- About this exercise:
Return exactly those lines of the material below that fall between the line holding "impl<R: Abort +" and the line holding "for b in 0..counts.books", inclusive.
■ ■ ■ ■ ■
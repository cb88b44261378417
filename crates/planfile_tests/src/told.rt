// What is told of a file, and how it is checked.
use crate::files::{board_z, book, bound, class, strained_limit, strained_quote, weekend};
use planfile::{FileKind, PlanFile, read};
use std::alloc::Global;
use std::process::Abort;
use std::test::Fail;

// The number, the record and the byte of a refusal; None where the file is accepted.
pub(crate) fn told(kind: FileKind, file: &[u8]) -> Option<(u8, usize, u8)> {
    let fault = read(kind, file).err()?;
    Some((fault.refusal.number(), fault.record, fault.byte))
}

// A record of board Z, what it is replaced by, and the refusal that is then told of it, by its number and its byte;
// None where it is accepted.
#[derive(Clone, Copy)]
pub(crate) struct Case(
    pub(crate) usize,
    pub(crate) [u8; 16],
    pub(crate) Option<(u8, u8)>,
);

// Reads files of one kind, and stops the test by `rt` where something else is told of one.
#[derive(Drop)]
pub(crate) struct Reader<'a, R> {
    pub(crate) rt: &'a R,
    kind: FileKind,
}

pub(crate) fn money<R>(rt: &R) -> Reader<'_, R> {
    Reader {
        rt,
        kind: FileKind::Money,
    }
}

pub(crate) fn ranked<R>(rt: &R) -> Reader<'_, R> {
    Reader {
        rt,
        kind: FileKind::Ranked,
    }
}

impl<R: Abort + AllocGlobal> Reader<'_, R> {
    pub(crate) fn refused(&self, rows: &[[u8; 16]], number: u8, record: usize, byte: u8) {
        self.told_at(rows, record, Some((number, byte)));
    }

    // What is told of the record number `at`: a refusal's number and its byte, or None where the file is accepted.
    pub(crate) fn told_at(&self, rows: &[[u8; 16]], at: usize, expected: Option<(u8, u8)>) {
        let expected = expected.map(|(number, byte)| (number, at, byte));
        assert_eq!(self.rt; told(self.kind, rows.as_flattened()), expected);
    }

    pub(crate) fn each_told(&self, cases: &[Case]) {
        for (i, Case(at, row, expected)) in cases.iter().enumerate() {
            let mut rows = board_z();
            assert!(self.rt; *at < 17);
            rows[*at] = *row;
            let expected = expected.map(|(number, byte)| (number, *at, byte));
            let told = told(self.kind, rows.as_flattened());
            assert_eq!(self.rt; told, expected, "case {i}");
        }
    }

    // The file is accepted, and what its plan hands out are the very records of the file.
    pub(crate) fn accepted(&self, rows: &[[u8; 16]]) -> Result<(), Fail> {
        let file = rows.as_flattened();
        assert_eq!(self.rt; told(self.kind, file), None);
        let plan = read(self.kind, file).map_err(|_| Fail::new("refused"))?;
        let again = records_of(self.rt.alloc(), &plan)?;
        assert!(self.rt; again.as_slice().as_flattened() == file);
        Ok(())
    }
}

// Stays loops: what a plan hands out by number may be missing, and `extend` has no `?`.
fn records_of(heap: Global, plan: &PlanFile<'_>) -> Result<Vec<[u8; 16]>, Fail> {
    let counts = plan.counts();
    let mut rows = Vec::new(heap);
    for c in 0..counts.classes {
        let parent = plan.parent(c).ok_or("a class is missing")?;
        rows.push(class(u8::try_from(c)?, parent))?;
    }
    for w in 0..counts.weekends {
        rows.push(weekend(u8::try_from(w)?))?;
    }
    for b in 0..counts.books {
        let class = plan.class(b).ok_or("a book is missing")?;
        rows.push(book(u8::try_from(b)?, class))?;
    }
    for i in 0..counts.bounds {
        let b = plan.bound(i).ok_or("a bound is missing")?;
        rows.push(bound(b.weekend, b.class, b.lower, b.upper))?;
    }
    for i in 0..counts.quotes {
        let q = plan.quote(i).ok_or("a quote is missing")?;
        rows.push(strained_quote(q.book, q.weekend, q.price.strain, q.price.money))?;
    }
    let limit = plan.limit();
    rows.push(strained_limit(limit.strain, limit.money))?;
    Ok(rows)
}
■ ■ ■ ■ ■
- Exercise response:
impl<R: Abort + AllocGlobal> Reader<'_, R> {
    pub(crate) fn refused(&self, rows: &[[u8; 16]], number: u8, record: usize, byte: u8) {
        self.told_at(rows, record, Some((number, byte)));
    }

    // What is told of the record number `at`: a refusal's number and its byte, or None where the file is accepted.
    pub(crate) fn told_at(&self, rows: &[[u8; 16]], at: usize, expected: Option<(u8, u8)>) {
        let expected = expected.map(|(number, byte)| (number, at, byte));
        assert_eq!(self.rt; told(self.kind, rows.as_flattened()), expected);
    }

    pub(crate) fn each_told(&self, cases: &[Case]) {
        for (i, Case(at, row, expected)) in cases.iter().enumerate() {
            let mut rows = board_z();
            assert!(self.rt; *at < 17);
            rows[*at] = *row;
            let expected = expected.map(|(number, byte)| (number, *at, byte));
            let told = told(self.kind, rows.as_flattened());
            assert_eq!(self.rt; told, expected, "case {i}");
        }
    }

    // The file is accepted, and what its plan hands out are the very records of the file.
    pub(crate) fn accepted(&self, rows: &[[u8; 16]]) -> Result<(), Fail> {
        let file = rows.as_flattened();
        assert_eq!(self.rt; told(self.kind, file), None);
        let plan = read(self.kind, file).map_err(|_| Fail::new("refused"))?;
        let again = records_of(self.rt.alloc(), &plan)?;
        assert!(self.rt; again.as_slice().as_flattened() == file);
        Ok(())
    }
}

// Stays loops: what a plan hands out by number may be missing, and `extend` has no `?`.
fn records_of(heap: Global, plan: &PlanFile<'_>) -> Result<Vec<[u8; 16]>, Fail> {
    let counts = plan.counts();
    let mut rows = Vec::new(heap);
    for c in 0..counts.classes {
        let parent = plan.parent(c).ok_or("a class is missing")?;
        rows.push(class(u8::try_from(c)?, parent))?;
    }
    for w in 0..counts.weekends {
        rows.push(weekend(u8::try_from(w)?))?;
    }
    for b in 0..counts.books {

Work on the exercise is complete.